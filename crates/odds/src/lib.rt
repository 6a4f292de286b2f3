// The pay tables: what a wager's pay table says of a name.
//
// The tables are constant arrays, laid out as the rule sheet prints them: a line for each name, and in it the odds of each
// pay table at the place of its number. base_pay, lo_pay, board_pay, pocket_pay and six_pay choose by the table's number and
// answer NoTable where there is none. No function has a `requires`.
//
// proofs/Above.antt has the rule that only a royal flush and a straight flush are paid at odds above 50, shown once, over
// the whole base table.

#![tactic(auto)]

ghost use Rattle.std.specs.Prelude.{◌≡◌, ◌&&◌, ◌+◌, ◌-◌, leb, ltb, if◌then◌else◌};
ghost use Rattle.names.specs.Five.{five_place};
ghost use Rattle.names.specs.Board.{board_place};
ghost use Rattle.names.specs.Pocket.{pocket_place};
ghost use Rattle.odds.specs.Pays.{pay_in, pay_at, lo_place, six_line, base_pay, lo_pay, board_pay, pocket_pay, six_pay};

use allsix::SixName;
use counting::at;
use names::{BoardName, FiveName, LoName, PocketName, five_place};
use pays::Pay::{self, Loss, NoTable, Push, ThreeToTwo, To, To200000};

const BASE: [[Pay; 5]; 11] = [
    [To(500), To(500), To(500), To(500), To(500)], // royal flush
    [To(100), To(100), To(100), To(100), To(100)], // straight flush
    [To(40), To(40), To(40), To(40), To(40)], // four
    [To(10), To(10), To(11), To(11), To(10)], // full house
    [To(6), To(6), To(7), To(7), To(8)], // flush
    [To(4), To(4), To(4), To(5), To(4)], // straight
    [To(3), To(3), To(3), To(3), To(3)], // three
    [ThreeToTwo, To(2), ThreeToTwo, ThreeToTwo, ThreeToTwo], // two pair
    [To(1), To(1), To(1), To(1), To(1)], // jacks to aces
    [Push, Push, Push, Push, Push], // sixes to tens
    [Loss, Loss, Loss, Loss, Loss], // other
];

const LO: [[Pay; 2]; 7] = [
    [To(100), To(100)], // 7 high
    [To(50), To(50)], // 8 high
    [To(15), To(10)], // 9 high
    [To(5), To(5)], // 10 high
    [To(1), To(1)], // jack high
    [Loss, Push], // queen high
    [Loss, Loss], // other
];

const BOARD: [[Pay; 4]; 7] = [
    [To(50), To(50), To(40), To(50)], // royal
    [To(40), To(40), To(40), To(40)], // straight flush
    [To(30), To(30), To(30), To(30)], // three of a kind
    [To(6), To(5), To(5), To(6)], // straight
    [To(3), To(4), To(4), To(4)], // flush
    [To(1), To(1), To(1), To(1)], // pair
    [Loss, Loss, Loss, Loss], // other
];

const POCKET: [[Pay; 3]; 5] = [
    [To(25), To(30), To(30)], // pair of aces
    [To(20), To(20), To(20)], // ace with K, Q or J suited
    [To(10), To(10), To(10)], // the same unsuited
    [To(5), To(5), To(4)], // other pair
    [Loss, Loss, Loss], // nothing
];

const SIX: [[Pay; 5]; 10] = [
    [To(1000), To(1000), To(1000), To(1000), To200000], // six-card royal in diamonds
    [To(1000), To(1000), To(1000), To(1000), To(20000)], // in another suit
    [To(1000), To(1000), To(1000), To(1000), To(1000)], // royal flush
    [To(200), To(200), To(200), To(200), To(200)], // straight flush
    [To(50), To(50), To(100), To(100), To(50)], // four
    [To(25), To(25), To(20), To(20), To(20)], // full house
    [To(20), To(15), To(15), To(15), To(15)], // flush
    [To(10), To(10), To(9), To(10), To(10)], // straight
    [To(5), To(5), To(8), To(7), To(5)], // three
    [Loss, Loss, Loss, Loss, Loss], // other
];

// A name's line in its table, from 0 for the highest.
pub fn board_place(name: BoardName) -> usize
    ensures { result ≡ board_place name }
{
    name as usize
}

pub fn pocket_place(name: PocketName) -> usize
    ensures { result ≡ pocket_place name }
{
    name as usize
}

pub fn lo_place(name: LoName) -> usize
    ensures { result ≡ lo_place name }
{
    match name {
        LoName::High(rank) => lo_line(rank),
        LoName::Nothing => 6,
    }
}

// 7 high to queen high have a line each; the last line is for every other rank.
fn lo_line(rank: u8) -> usize
    ensures { result ≡ (if leb 5 rank && leb rank 10 then rank - 5 else 6) }
{
    match rank {
        5..=10 => rank as usize - 5,
        _ => 6,
    }
}

// The six-card royals and the names of five cards to three of a kind have a line each; the last line is for every other name.
fn best_line(name: FiveName) -> usize
    ensures { result ≡ (if ltb (five_place name) 7 then five_place name + 2 else 9) }
{
    let place = five_place(name);
    if place < 7 { place + 2 } else { 9 }
}

pub fn six_line(name: SixName) -> usize
    ensures { result ≡ six_line name }
{
    match name {
        SixName::RoyalOfDiamonds => 0,
        SixName::Royal => 1,
        SixName::Five(five) => best_line(five),
    }
}

// What pay table `table`, numbered from 1, says in a line.
fn pay_in(line: &[Pay], table: u8) -> Pay
    ensures { result ≡ pay_in line.now table }
{
    if table == 0 {
        return NoTable;
    }
    at(line, table as usize - 1, NoTable)
}

// What pay table `table` says in the line at a place.
fn pay_at<const TABLES: usize>(lines: &[[Pay; TABLES]], place: usize, table: u8) -> Pay
    ensures { result ≡ pay_at lines.now table place }
{
    match lines.get(place) {
        Some(line) => pay_in(line, table),
        None => NoTable,
    }
}

pub fn base_pay(table: u8, name: FiveName) -> Pay
    ensures { result ≡ base_pay table name }
{
    pay_at(&BASE, five_place(name), table)
}

pub fn lo_pay(table: u8, name: LoName) -> Pay
    ensures { result ≡ lo_pay table name }
{
    pay_at(&LO, lo_place(name), table)
}

pub fn board_pay(table: u8, name: BoardName) -> Pay
    ensures { result ≡ board_pay table name }
{
    pay_at(&BOARD, board_place(name), table)
}

pub fn pocket_pay(table: u8, name: PocketName) -> Pay
    ensures { result ≡ pocket_pay table name }
{
    pay_at(&POCKET, pocket_place(name), table)
}

pub fn six_pay(table: u8, name: SixName) -> Pay
    ensures { result ≡ six_pay table name }
{
    pay_at(&SIX, six_line(name), table)
}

──────

What to do:
Say only how many lines in the records carry the word "SixName".

Solution to the exercise:
6